- About this task:
Here is the task for the records below: repeat exactly the lines from the one with "step inlined gains." to the one with "portion components sink.old.slices", both included, and nothing else.

[Collected data entries]
== Segment start ==
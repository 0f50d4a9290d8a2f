//! Each invocation that is left when a dialogue ends is told as ended.

ghost use Rattle.std.specs.Prelude.{◌≡◌, ◌+◌, ◌≤◌, ◌++◌, Option, length};
ghost use Rattle.ber_core.specs.Place.{Slice};
ghost use Rattle.tcap_invocation.specs.Closing.{ended_at};
ghost use Rattle.tcap_model.specs.Table.TableMove.{ended_told};
ghost use Rattle.tcap_primitives.specs.Slices.{LieInPlace};

use std::alloc::Allocator;
use tcap_invocation::Invocations;
use tcap_primitives::{Indication, Sink, SinkKind};

/// The dialogue is over: tells each of its invocations that is Queued or Sent as ended, by number, and
/// takes it out; there is room for all of them.
// Inlined: each end of a dialogue runs through it; docs/PERF.md says what the whole of a step inlined gains.
#[inline(always)]
pub(super) fn tell_ended<'m, A: Allocator + Copy, K: SinkKind>(
    dialogue: u32,
    invocations: &mut Invocations<A>,
    sink: &mut Sink<'m, A, K>,
)
    requires { length (ended_at invocations.old.rows) ≤ sink.old.places }
    ensures told { sink.new.outputs ≡ sink.old.outputs
        ++ ended_told dialogue invocations.old }
    // What is told so has no slices.
    ensures place { (portion : Option Slice) (components : Slice) → LieInPlace portion components sink.old.slices
        → LieInPlace portion components sink.new.slices }
    ensures places { sink.old.places ≤ sink.new.places
        + length (ended_at invocations.old.rows) }
{
    while let Some((number, id)) = invocations.close_one() {
        sink.tell(Indication::Ended {
            dialogue,
            number,
            id,
        });
    }
}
== Segment end ==
- Reply to the exercise:
// Inlined: each end of a dialogue runs through it; docs/PERF.md says what the whole of a step inlined gains.
#[inline(always)]
pub(super) fn tell_ended<'m, A: Allocator + Copy, K: SinkKind>(
    dialogue: u32,
    invocations: &mut Invocations<A>,
    sink: &mut Sink<'m, A, K>,
)
    requires { length (ended_at invocations.old.rows) ≤ sink.old.places }
    ensures told { sink.new.outputs ≡ sink.old.outputs
        ++ ended_told dialogue invocations.old }
    // What is told so has no slices.
    ensures place { (portion : Option Slice) (components : Slice) → LieInPlace portion components sink.old.slices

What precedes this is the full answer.